Published on January 16th, 2019 | by Sunit Nandi0
Key mobile banking risks and how to avoid them
For many people, mobile banking has become the norm. Rarely setting foot in a local bank branch and seeking faster service than a call to telephone banking provides, everyday modern banking is increasingly done online from smartphones, tablets and laptops. You can access your bank accounts any time, anywhere, making payments and transferring funds at the click of a button. But this level of convenience is not without its risks.
Remote banking fraud totalled £156.1 million in 2017 in the UK alone even in the presence of AML compliance software, a 14% increase on 2016. Around the world, mobile banking Trojans have increased 60% in the past year – and the RSA say that 60% of digital banking fraud and 62% of identity theft now comes from mobile.
These figures are cause for concern, but there are easy ways to protect yourself against the key security threats in mobile banking. The best place to start is by understanding the risks at hand.
Corrupt or Fraudulent Apps
While mobile banking apps are usually designed to be safer than logging in to your account from an ordinary mobile browsing window, they sometimes come with vulnerabilities that leave your details open to exploitation. Worse still, the apps you install might not be legitimate mobile banking apps at all.
Mobile banking Trojans – malware and ransomware files disguised as legitimate apps – have been identified in cyberattacks in 164 countries around the world. Designed to steal money directly from users’ bank accounts, this type of attack has been most common in the USA, Russia and Poland so far in 2018, with unsuspecting users downloading software that appears initially to be the real deal, but which steals ID and banking credentials when entered.
Before downloading a new app to your device, check that the permissions it asks for – such as access to other data within your device – correspond with what the app is supposed to do. Only install apps from trusted sources like the Google Play Store and Apple’s App Store, and ensure that your device has appropriate virus scanners in its security system to flag and remove suspicious downloads.
Perhaps the best known, but the most overlooked mobile banking risk, is unsecured Wi-Fi. Public networks, like those you find in coffee shops and train stations, are often unencrypted or offer only the most basic protection against cyber-criminal activity. Accessed by countless users and devices at any given time, a lack of end-to-end encryption means that anyone who manages to gain access to your connection can view personal and private data with relative ease.

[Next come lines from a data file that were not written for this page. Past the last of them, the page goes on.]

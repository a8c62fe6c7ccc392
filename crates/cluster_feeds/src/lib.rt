//! What the operator of a cluster prints: barriers and feeds.
//!
//! ```text
//! ask ------- answered by a ping and a majority of pongs      fed D: not below any position that was told before the
//!                                                             operator's line before, as a begin is fresh
//! ask ------- few nodes are up at some place since            fed D: the last D again
//! ```
//!
//! The operator asks at a line `feed`, and at the end where a table is watched. It reads its own lines alone: barriers and
//! feeds. What was told before one of them stood before its ask, so a feed that is answered covers it.
//!
//! The functions here run nothing: each is a law, and its clauses are what is proved.
#![tactic(auto)]

ghost use Rattle.std.specs.Prelude.{ℕ, ◌≡◌, ◌++◌, [], List, length};
ghost use Rattle.cdb_values.specs.Rows.{Rows};
ghost use Rattle.cluster_consensus.specs.Facts.{Claim};
ghost use Rattle.cluster_events.specs.ByScript.{AllHeed};
ghost use Rattle.cluster_events.specs.Guards.{AreNamedApart, IsLegalHistory};
ghost use Rattle.cluster_events.specs.Operator.{duty, operators_from};
ghost use Rattle.cluster_events.specs.Parts.{ActorEvent, lines, field};
ghost use Rattle.cluster_events.specs.Settings.{Setting, basis_from, lines_to_do};
ghost use Rattle.cluster_feeds.specs.Fed.{IsFedLine};
ghost use Rattle.cluster_feeds.specs.Printed.{printed, to_print};
ghost use Rattle.cluster_masters.specs.FirstMaster.{IsFirstMaster, HasNoMaster};
ghost use Rattle.cluster_masters.specs.Reported.{IsReported};
ghost use Rattle.cluster_requests.specs.KeptEntries.{KeptEntry};
ghost use Rattle.report_laws.specs.View.{View};
ghost use Rattle.session_language.specs.Each.{EachAfter};

/// Barriers and feeds are printed in their order, each once: those that a report has, and those that are left to the
/// operator, are those of the script, with the feed at its end where a table is watched.
pub fn barriers_and_feeds_are_printed()
    ensures { (G : Setting) (h : List (ℕ × ActorEvent)) → AllHeed G (lines_to_do G) h
        → printed (lines G h) ++ to_print (duty (lines_to_do G) h).left ≡ to_print (operators_from 0 (lines_to_do G)) }
{}

/// Each line that tells of a feed is right behind the lines before it. With a first master, whose log is the base: it is
/// answered at a position from the base on and within the reported log, and fresh; or it repeats the last position, where
/// few nodes are up at a place since the operator's line before. Without one, it repeats.
pub fn feed_lines_are_right()
    ensures answered { (G : Setting) (h : List (ℕ × ActorEvent)) (r m : ℕ) (a : Claim KeptEntry) (rows : Rows)
        (view : View)
        → AreNamedApart G → G.nodes ≡ G.script.nodes → IsLegalHistory G h → IsReported G.nodes (field h).core r
        → IsFirstMaster G.nodes (field h).core m a → view.last ≡ length ((field h).core.nodes r).log
        → EachAfter (IsFedLine (basis_from G (length a.log) rows) view) [] (lines G h) }
    ensures repeats { (G : Setting) (h : List (ℕ × ActorEvent)) (base : ℕ) (rows : Rows) (view : View)
        → G.nodes ≡ G.script.nodes → IsLegalHistory G h → HasNoMaster G.nodes (field h).core
        → EachAfter (IsFedLine (basis_from G base rows) view) [] (lines G h) }
{}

While free Wi-Fi networks can be a lifesaver if you’ve run out of data or just can’t get a good 4G signal, it’s important to secure them as best you can before transferring sensitive data like personal banking information, if you’re going to use them at all.
Using a Virtual Private Network or ‘VPN’ is the most straightforward way, allowing you to add a layer of heavy encryption to your activity via a simple app interface. This way, any hackers who try to intercept your connection can only see a nonsensical collection of characters – rather than account numbers, sort codes and payment details.
Secure Sockets Layer certificates, also known as SSL certificates, are used by most websites nowadays to encrypt the data you provide them with. When your browser displays HTTPS instead of HTTP, it’s a sign that SSL certificates are in place – with the added security often indicated by the presence of a green padlock in your URL bar. HTTP sites are considered so insecure that many browsers will now try to prevent you accessing them at all.
While online retailers and mobile banking services almost always have SSL certificates set up, this doesn’t mean your connection to their webpages is entirely safe from hacking. An attack known as SSL stripping remains a key risk – this being the process whereby a hacker redirects a web user’s activity to an SSL-free proxy server without their knowledge. Your screen will likely still display an HTTPS URL and reassuring green padlock symbol, hiding the fact that your web traffic is being redirected via an unencrypted, easy-to-view connection.
Much like unsecured Wi-Fi, this is a risk you can mitigate by using a VPN. Rather than relying on individual website providers to keep your data secure, you can browse the web through a private tunnel of encryption – so that even if someone redirects your connection, your stream of activity will remain indecipherable.
Alongside mobile banking Trojans, a range of other malware formats often find their way onto mobile devices. Though home computers and laptops often come with antivirus packages and other security add-ons, mobile phones and tablets are commonly left exposed.
Malware specifically targeting mobile devices has become a prominent threat to online security, not just in mobile banking but in other areas as well. From malvertising and spyware to typical viruses and rootkits, an infection on your device could come from a malicious email or SMS link, and serve any purpose from draining credit or keylogging, to linking your device with a botnet.
The easiest way to protect against a mobile malware infection, aside from basics like learning to recognise phishing emails, is to install mobile antivirus and run regular scans.
Even devices which claim to be impenetrable to viruses have fallen foul of attacks, so while some smartphones and other pieces of portable tech may be more secure than others, complacency can still put you at risk.
By using a VPN app, installing defensive mobile antivirus and staying informed on ways to spot suspicious activities, keeping your details safe when banking remotely couldn’t be easier. Simple steps to improve the security of both your device and its connection are all it takes to create extra layers of defence against cyber crime.